# Reflexive closure

1. Jan 14, 2009

1. The problem statement, all variables and given/known data
Suppose R is a relation on S, and define $$R' = R \cup \{(s,s) \vert s \in S$$. Prove that R' is the reflexive closure.

2. Relevant equations
The reflexive closure of R is the smallest reflexive relation R' that contains R. That is, if there is another R'' that contains R, $$R' \subset R''$$

3. The attempt at a solution
I feel like I get it:

1)
it is obvious that $$R \subset R'$$

2) (note: show R' is reflexive).
Let $$aRb \in R$$, thus $$a,b \in S$$, thus $$aRa \in \{(s,s) \vert s \in S\}$$, and $$bRb \in \{(s,s) \vert s \in S \}$$ Therefore dR'd, and R's is reflexive.

3) (note: show R' is the smallest such set).
Let R'' be another reflexive relation on S s.t. $$R \subset R''$$. I need to show that $$R' \subset R'' \text{ i.e. } (a,b) \in R' \text{ implies } (a,b) \in R''$$. Proof:
Let (a,b) in R'. Then 1) $$(a,b) \in R$$ or 2) a = b. Assuming 1) it is obvious that $$(a,b) \in R'' \text{ because } R \subset R''$$.

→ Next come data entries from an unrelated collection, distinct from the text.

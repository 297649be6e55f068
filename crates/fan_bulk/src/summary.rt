// What is counted in the replies to a script, and how it is written.
ghost use Rattle.std.specs.Prelude.{◌≡◌, ◌+◌, ◌-◌, ◌<◌, ◌^◌, ◌++◌, [], OnOk};
ghost use Rattle.std.specs.Fmt.{decimal};
ghost use Rattle.std.specs.List.{count_by};
ghost use Rattle.fan_bulk.specs.Summary.{AreSmall, count_text, is_allowed, is_asked, is_denied, is_told, summary, summary_text, with_line, with_outcomes, with_reply};

use fan_io::NoMemory;
use fan_print::print_text;
use fan_script::{Reply, StepOutcome};
use itoa::Buffer;
use std::marker::Model;

// How many groups were asked.
fn asked(outcomes: &[StepOutcome]) -> usize
    ensures { result ≡ count_by is_asked outcomes.now }
{
    outcomes
        .iter()
        .filter(|outcome| matches!(outcome, StepOutcome::Asked(_)))
        .count()
}

// How many groups allowed.
fn allowed(outcomes: &[StepOutcome]) -> usize
    ensures { result ≡ count_by is_allowed outcomes.now }
{
    outcomes
        .iter()
        .filter(|outcome| matches!(outcome, StepOutcome::Allowed(_)))
        .count()
}

// How many groups denied.
fn denied(outcomes: &[StepOutcome]) -> usize
    ensures { result ≡ count_by is_denied outcomes.now }
{
    outcomes
        .iter()
        .filter(|outcome| matches!(outcome, StepOutcome::Denied(_)))
        .count()
}

// Whether a group was told.
fn is_told(outcome: StepOutcome) -> bool
    ensures { result ≡ is_told outcome }
{
    matches!(
        outcome,
        StepOutcome::Queued(_) | StepOutcome::Merged(_) | StepOutcome::Overflow(_)
    )
}

// How many groups were told.
fn told(outcomes: &[StepOutcome]) -> usize
    ensures { result ≡ count_by is_told outcomes.now }
{
    outcomes.iter().filter(|outcome| is_told(**outcome)).count()
}

// Puts a word and a count at the end, as a line.
#[tactic(auto, using(std::proofs::Common::append_assoc))]
fn print_count(out: &mut Vec<u8>, word: &str, count: u128) -> Result<(), NoMemory>
    ensures { OnOk result (out.new.items ≡ out.old.items ++ count_text word.now count) }
{
    let mut buffer = Buffer::new();
    print_text(out, word)?;
    print_text(out, " ")?;
    print_text(out, buffer.format(count))?;
    print_text(out, "\n")
}

// What is counted: lines, answers of single steps, bytes that were read, marks that were reclaimed and
// replies that are an errno; and how many replies there were.
#[derive(Clone, Copy, Debug, PartialEq, Eq)]
pub(crate) struct Counts {
    pub(crate) lines: u64,
    pub(crate) asked: u128,
    pub(crate) allowed: u128,
    pub(crate) denied: u128,
    pub(crate) told: u128,
    pub(crate) read: u128,
    pub(crate) reclaimed: u128,
    pub(crate) refused: u128,
    pub(crate) replies: u32,
}

impl Counts {
    // Counts what single steps of an access did.
    fn add_outcomes(&mut self, outcomes: &[StepOutcome])
        requires replies { self.old.replies < 2 ^ 32 - 1 }
        requires small { AreSmall self.old }
        ensures { self.new ≡ with_outcomes self.old outcomes.now }
    {
        self.asked += asked(outcomes) as u128;
        self.allowed += allowed(outcomes) as u128;
        self.denied += denied(outcomes) as u128;
        self.told += told(outcomes) as u128;
    }

    // Counts what a reply tells.
    #[tactic(auto, unfolding(crate::specs::Summary::with_reply))]
    fn add(&mut self, reply: &Reply)
        requires replies { self.old.replies < 2 ^ 32 - 1 }
        requires small { AreSmall self.old }
        ensures counts { self.new ≡ with_reply self.old reply.now }
        ensures lines { self.new.lines ≡ self.old.lines }
        ensures replies { self.new.replies ≡ self.old.replies + 1 }
        ensures small { AreSmall self.new }
    {
        match reply {
            Reply::Out(outcomes) => self.add_outcomes(outcomes.as_slice()),
            Reply::Bytes(bytes) => self.read += bytes.len() as u128,
            Reply::Reclaimed(marks) => self.reclaimed += u128::from(*marks),
            Reply::Refused(_) => self.refused += 1,
            _ => {}
        }
        self.replies += 1;
    }
}

/// What is counted in the replies to a script: docs/FORMATS.md has the lines of its summary at `bulk`. A
/// count is a sum of numbers below 2^64, of which there are less than 2^32, so that none wraps.
#[derive(Debug, Drop)]
pub struct Summary {
    counts: Counts,
}

impl Model for Summary {
    ghost use Rattle.fan_bulk.specs.declared.summary.Counts.{Counts};
    ghost use Rattle.fan_bulk.specs.Summary.{AreSmall};

    ghost Value = { Counts };

    ghost view = { λ s. s.counts };

    ghost invariant = { λ s. AreSmall s.counts };
}

impl Summary {
    /// Nothing is counted.
    #[tactic(auto, unfolding(crate::specs::Summary::summary))]
    pub fn new() -> Summary
        ensures counts { result ≡ summary 0 [] }
        ensures lines { result.lines ≡ 0 }
        ensures replies { result.replies ≡ 0 }
    {
        Summary {
            counts: Counts {
                lines: 0,
                asked: 0,
                allowed: 0,
                denied: 0,
                told: 0,
                read: 0,
                reclaimed: 0,
                refused: 0,
                replies: 0,
            },
        }
    }

    /// Counts one more line.
    pub fn count_line(&mut self)
        requires { self.old.lines < 2 ^ 64 - 1 }
        ensures { self.new ≡ with_line self.old }
    {
        self.counts.lines += 1;
    }

    /// Counts what a reply tells.
    pub fn count(&mut self, reply: &Reply)
        requires { self.old.replies < 2 ^ 32 - 1 }
        ensures counts { self.new ≡ with_reply self.old reply.now }
        ensures lines { self.new.lines ≡ self.old.lines }
        ensures replies { self.new.replies ≡ self.old.replies + 1 }
    {
        self.counts.add(reply);
    }

    /// Puts the summary at the end: its eight lines.
    ///
    /// # Errors
    /// `NoMemory` if no memory is found; a front of the text may then stand at the end.
    #[tactic(auto, using(std::proofs::Common::append_assoc), unfolding(crate::specs::Summary::summary_text))]
    pub fn write(&self, out: &mut Vec<u8>) -> Result<(), NoMemory>
        ensures { OnOk result (out.new.items ≡ out.old.items ++ summary_text self.now) }
    {
        print_count(out, "lines", u128::from(self.counts.lines))?;
        print_count(out, "asked", self.counts.asked)?;
        print_count(out, "allowed", self.counts.allowed)?;
        print_count(out, "denied", self.counts.denied)?;
        print_count(out, "told", self.counts.told)?;
        print_count(out, "read", self.counts.read)?;
        print_count(out, "reclaimed", self.counts.reclaimed)?;
        print_count(out, "refused", self.counts.refused)
    }
}
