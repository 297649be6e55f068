// Laws of the script, each the contract of a function that does nothing.
ghost use Rattle.std.specs.Prelude.{◌≡◌, ◌+◌, ◌*◌, ◌≤◌, ◌++◌, ◌∷◌, [], ℕ, List, All, Some, length};
ghost use Rattle.std.specs.List.{join_with_byte};
ghost use Rattle.fan_bulk.specs.Lines.{bulk_lines, first_round, round_at};
ghost use Rattle.fan_bulk.specs.Summary.{summary, with_reply};
ghost use Rattle.fan_script.specs.declared.reply.Reply.{Reply};
ghost use Rattle.fan_script.specs.Lines.{Fits, words_of};
ghost use Rattle.fan_script.specs.Reading.{line_at};

/// Each line of the script is one of the grammar (`fit`), so that its words, with a space between each two,
/// are read again as the same line (`again`); and there are 18 lines, and eight for each round at most
/// (`few`). No group answers a descriptor past the number of rounds (`descriptors`), so that its four bytes
/// in a response are always enough.
pub fn script_is_of_lines()
    ensures fit { (seed count : ℕ) → count ≤ 100000 → All Fits (bulk_lines seed count) }
    ensures again { (seed count : ℕ) → count ≤ 100000
        → All (λ line. line_at (join_with_byte 32 (words_of line)) ≡ Some line)
        (bulk_lines seed count) }
    ensures few { (seed count : ℕ) → length (bulk_lines seed count) ≤ 18 + 8 * count }
    ensures descriptors { (seed count : ℕ) → let round = round_at count (first_round seed) in
        (round.first ≤ count) × (round.second ≤ count) }
{}

/// A reply behind others adds to their summary what it tells.
pub fn summaries_add_up()
    ensures { (lines : ℕ) (replies : List Reply) (reply : Reply)
        → summary lines (replies ++ reply ∷ []) ≡ with_reply (summary lines replies) reply }
{}
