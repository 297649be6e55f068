//! The script of `bulk`, as docs/FORMATS.md states it, and what is counted in the replies to it.
//!
//! ```
//! let mut summary = Summary::new();
//! for line in &opening(alloc)? {
//!     summary.count_line();
//!     summary.count(&play(line)?);
//! }
//! let mut rounds = Rounds::new(seed);
//! for _ in 0..count {
//!     for line in &rounds.next_lines(alloc)? {
//!         summary.count_line();
//!         summary.count(&play(line)?); // each reply, where the line is `run`
//!     }
//! }
//! summary.write(&mut text)?;
//! ```
#![tactic(auto)]

mod generator;
mod laws;
mod lines;
mod rounds;
mod start;
mod summary;

pub use generator::Generator;
pub use laws::{script_is_of_lines, summaries_add_up};
pub use rounds::Rounds;
pub use start::opening;
pub use summary::Summary;
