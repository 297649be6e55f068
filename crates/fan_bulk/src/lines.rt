// Lines of the script, and what stands in them.
ghost use Rattle.std.specs.Prelude.{◌≡◌, ◌<◌, ◌++◌, IfOk, OnOk};
ghost use Rattle.fan_bulk.specs.Lines.{answer_lines, begin_lines, file_line, file_path, mark_line, response};

use fan_io::{Items, NoMemory};
use fan_script::{Line, OpWord, Step};
use std::alloc::Global;

// A path as an item of a line.
pub(crate) fn path_of(alloc: Global, path: &[u8]) -> Result<Items<u8>, NoMemory>
    ensures { IfOk result (λ it. it ≡ path.now) }
{
    Ok(Items::from_vec(Vec::from_slice(alloc, path)?))
}

// The path of a file, by its digit.
fn file_path(alloc: Global, file: u8) -> Result<Items<u8>, NoMemory>
    requires { file < 10 }
    ensures { IfOk result (λ path. path ≡ file_path file) }
{
    path_of(alloc, &[b'/', b'd', b'/', b'0' + file])
}

// The line that makes a file.
pub(crate) fn file_line(alloc: Global, file: u8) -> Result<Line, NoMemory>
    requires { file < 10 }
    ensures { IfOk result (λ line. line ≡ file_line file) }
{
    let path = file_path(alloc, file)?;
    Ok(Line::One(Step::MkFile { path }))
}

// The line by which group 3 marks a file, or takes its mark away.
pub(crate) fn mark_line(alloc: Global, flags: u32, file: u8) -> Result<Line, NoMemory>
    requires { file < 10 }
    ensures { IfOk result (λ line. line ≡ mark_line flags file) }
{
    let path = file_path(alloc, file)?;
    Ok(Line::One(Step::Mark {
        group: 3,
        flags,
        mask: 0x20,
        path,
    }))
}

// The bytes of a response.
#[tactic(auto, unfolding(crate::specs::Lines::response))]
fn response(alloc: Global, fd: u32, value: u32) -> Result<Items<u8>, NoMemory>
    ensures { IfOk result (λ bytes. bytes ≡ response fd value) }
{
    let mut bytes = Vec::from_slice(alloc, &fd.to_le_bytes())?;
    bytes.extend_from_slice(&value.to_le_bytes())?;
    Ok(Items::from_vec(bytes))
}

// Puts the lines by which an access to a file begins, and is run.
#[tactic(auto, using(std::proofs::Common::append_assoc), unfolding(crate::specs::Lines::begin_lines))]
pub(crate) fn push_begin(
    alloc: Global,
    lines: &mut Vec<Line>,
    access: u32,
    op: OpWord,
    file: u8,
) -> Result<(), NoMemory>
    requires { file < 10 }
    ensures { OnOk result (lines.new.items ≡ lines.old.items ++ begin_lines access op file) }
{
    let pid = 100 + u32::from(file);
    let path = file_path(alloc, file)?;
    lines.push(Line::One(Step::Begin {
        access,
        pid,
        tid: pid,
        op,
        path,
        second: None,
    }))?;
    lines.push(Line::Run(access))?;
    Ok(())
}

// Puts the lines by which a group's listener answers a descriptor, and the access is run on.
#[tactic(auto, using(std::proofs::Common::append_assoc), unfolding(crate::specs::Lines::answer_lines))]
pub(crate) fn push_answer(
    alloc: Global,
    lines: &mut Vec<Line>,
    access: u32,
    group: u32,
    fd: u32,
    value: u32,
) -> Result<(), NoMemory>
    ensures { OnOk result (lines.new.items ≡ lines.old.items ++ answer_lines access group fd value) }
{
    let bytes = response(alloc, fd, value)?;
    lines.push(Line::One(Step::Read { group, size: 4096 }))?;
    lines.push(Line::One(Step::Write { group, bytes }))?;
    lines.push(Line::Run(access))?;
    Ok(())
}
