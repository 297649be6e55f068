// The generator of numbers.
ghost use Rattle.std.specs.Prelude.{◌≡◌, ◌<◌};
ghost use Rattle.fan_bulk.specs.Generator.{drawn, stepped};

// What the state is multiplied by, and what is added to it.
const FACTOR: u64 = 6_364_136_223_846_793_005;

const ADDEND: u64 = 1_442_695_040_888_963_407;

/// The generator of numbers that docs/FORMATS.md describes at `bulk`: the same seed gives the same numbers.
#[derive(Clone, Copy, Debug, PartialEq, Eq)]
pub struct Generator {
    /// Its state, which starts as the seed.
    pub state: u64,
}

impl Generator {
    /// Draws a number below a limit, by the high bits of the next state.
    #[tactic(auto, using(std::proofs::lemmas::Nat::mod_below), unfolding(crate::specs::Generator::stepped, crate::specs::Generator::drawn))]
    pub fn draw(&mut self, limit: u64) -> u64
        requires { 0 < limit }
        ensures drawn { result ≡ drawn limit self.new.state }
        ensures below { result < limit }
        ensures state { self.new.state ≡ stepped self.old.state }
    {
        self.state = self.state.wrapping_mul(FACTOR).wrapping_add(ADDEND);
        (self.state >> 33) % limit
    }
}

Assuming 2): I don't know. I want to say that if a = b, then aR'b is one of the elements making R' reflexive, and therefore would have to be in R''. However, I can't justify this step: consider the following
S = {1,2,3}
R = {(1,2)}
Then
R' = {(1,1),(2,2),(3,3),(1,2)}.
And let
R'' = {(1,1),(2,2),(1,2)}
Then R'' contains R and is reflexive, but not all the elements of type (s,s) in R' are in R''. Can anyone help me see where I am going wrong?